Task item -
Search the records for "specs". Report every line where it occurs.

Data for analysis -

//! Lines of texts in memory, cut by pieces of any length, and a grammar over them.
ghost use Rattle.std.specs.Prelude.{◌≡◌, ◌<◌, ◌^◌};
ghost use Rattle.std.specs.Prelude.{[], ◌∷◌, ◌++◌, length, Some, None, Ok, Err};
ghost use Rattle.text_lines.specs.declared.tests.Unmeasured.TheVariants.{Empty, Missing};

use crate::{FeedEnd, FeedLines, LineByLine, Refusal, TextEnd, read_lines};
use bone_desk::{Feed, MemDesk};
use std::alloc::Global;
use std::marker::Model;
use std::test::Fail;

/// What is wrong with a line that is measured.
#[derive(Clone, Copy, Debug, PartialEq, Eq)]
pub enum Unmeasured {
    /// It has no byte.
    Empty,
    /// There is none.
    Missing,
}

/// The lengths of all lines so far.
#[derive(Drop)]
struct Lengths {
    lengths: Vec<usize>,
}

impl Model for Lengths {
    ghost use Rattle.std.specs.Prelude.{ℕ, List};

    ghost Value = { List ℕ };

    ghost view = { λ r. r.lengths.items };
}

impl LineByLine for Lengths {
    type Fault = Unmeasured;

    ghost step = { λ lengths l. elim l.bytes [ [] ↦ Err Empty | ◌∷◌ b bs ↦ Ok (lengths ++ length l.bytes ∷ []) ] };

    ghost end = { λ lengths. elim lengths [ [] ↦ Some Missing | ◌∷◌ n ns ↦ None ] };

    fn take(&mut self, bytes: &[u8], _ended: bool) -> Result<(), Refusal<Unmeasured>> {
        if bytes.is_empty() {
            return Err(Refusal::Fault(Unmeasured::Empty));
        }
        match self.lengths.push(bytes.len()) {
            Ok(()) => Ok(()),
            Err(_) => Err(Refusal::Memory),
        }
    }

    fn finish(&self) -> Option<Unmeasured> {
        if self.lengths.is_empty() {
            return Some(Unmeasured::Missing);
        }
        None
    }
}

const LINES: [(&[u8], &[&[u8]], bool); 6] = [
    (b"", &[], true),
    (b"\n", &[b""], true),
    (b"a", &[b"a"], false),
    (b"a\n\nbc\n", &[b"a", b"", b"bc"], true),
    (b"a\nbc", &[b"a", b"bc"], false),
    (b"abcdefgh\ni", &[b"abcdefgh", b"i"], false),
];

/// A desk with this proof, of which each read gives so many bytes.
fn desk_of(alloc: Global, proof: &[u8], piece: usize) -> Result<MemDesk, Fail>
    requires { 0 < piece }
{
    let mut desk = MemDesk::new(alloc, piece, 0)?;
    desk.proof = Vec::from_slice(alloc, proof)?;
    Ok(desk)
}

#[test]
fn lines_are_the_same_by_any_pieces(rt: HostRuntime) -> Result<(), Fail> {
    let alloc = rt.alloc();
    for piece in [1, 2, 3, 100] {
        for (text, wanted, ended) in LINES {
            let mut desk = desk_of(alloc, text, piece)?;
            let mut lines = FeedLines::new(alloc, Feed::Proof, 10);
            for (i, line) in wanted.iter().enumerate() {
                assert_eq!(rt; lines.advance(&mut desk), Ok(true), "piece {piece}");
                assert_eq!(rt; lines.bytes(), *line, "piece {piece}");
                assert_eq!(rt;
                    lines.is_ended(),
                    ended || i + 1 < wanted.len(),
                    "piece {piece}"
                );
            }
            assert_eq!(rt; lines.advance(&mut desk), Ok(false), "piece {piece}");
            assert_eq!(rt; lines.advance(&mut desk), Ok(false), "piece {piece}");
        }
    }
    Ok(())
}

#[test]
fn a_line_longer_than_what_there_is_makes_it_grow(rt: HostRuntime) -> Result<(), Fail> {
    let alloc = rt.alloc();
    let mut long = vec![in alloc; b'x'; 200_000]?;
    long.push(b'\n')?;
    long.push(b'y')?;
    let mut desk = desk_of(alloc, &long, 50_000)?;
    let mut lines = FeedLines::new(alloc, Feed::Proof, 1 << 45);
    assert_eq!(rt; lines.advance(&mut desk), Ok(true));
    assert_eq!(rt; lines.bytes().len(), 200_000);
    assert!(rt; lines.bytes().iter().all(|byte| *byte == b'x'));
    assert_eq!(rt; lines.advance(&mut desk), Ok(true));
    assert_eq!(rt; lines.bytes(), b"y".as_slice());
    Ok(())
}

#[test]
fn a_whole_line_is_handed_out_before_the_next_read(rt: HostRuntime) -> Result<(), Fail> {
    let alloc = rt.alloc();
    let mut desk = desk_of(alloc, b"a\nb\nc\n", 5)?;
    desk.fail.push(2)?;
    let mut lines = FeedLines::new(alloc, Feed::Proof, 5);
    assert_eq!(rt; lines.advance(&mut desk), Ok(true));
    assert_eq!(rt; lines.advance(&mut desk), Ok(true));
    assert_eq!(rt; desk.calls, 1);
    assert_eq!(rt; lines.advance(&mut desk), Err(FeedEnd::Fault));
    assert_eq!(rt; lines.advance(&mut desk), Err(FeedEnd::TooLong));
    Ok(())
}

/// How the measuring of a text ends under a limit.
fn measured(alloc: Global, text: &[u8], limit: u64) -> Result<Result<(), TextEnd<Unmeasured>>, Fail>
    requires { limit < 2 ^ 63 }
{
    let mut desk = desk_of(alloc, text, 2)?;
    let mut reader = Lengths {
        lengths: Vec::new(alloc),
    };
    Ok(read_lines(alloc, &mut desk, Feed::Proof, limit, &mut reader))
}

#[test]
fn the_first_line_at_fault_decides_where_the_text_is_read_to_its_end(
    rt: HostRuntime,
) -> Result<(), Fail> {
    let alloc = rt.alloc();
    let empty = Err(TextEnd::Bad {
        line: 2,
        fault: Unmeasured::Empty,
    });
    let missing = Err(TextEnd::Bad {
        line: 1,
        fault: Unmeasured::Missing,
    });
    assert_eq!(rt; measured(alloc, b"a\nbc", 4)?, Ok(()));
    assert_eq!(rt; measured(alloc, b"a\n\n\nb\n", 9)?, empty);
    assert_eq!(rt; measured(alloc, b"a\n\n\nb\n", 5)?, Err(TextEnd::TooLong));
    assert_eq!(rt; measured(alloc, b"", 5)?, missing);
    Ok(())
}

Completed exercise -
ghost use Rattle.std.specs.Prelude.{◌≡◌, ◌<◌, ◌^◌};
ghost use Rattle.std.specs.Prelude.{[], ◌∷◌, ◌++◌, length, Some, None, Ok, Err};
ghost use Rattle.text_lines.specs.declared.tests.Unmeasured.TheVariants.{Empty, Missing};
    ghost use Rattle.std.specs.Prelude.{ℕ, List};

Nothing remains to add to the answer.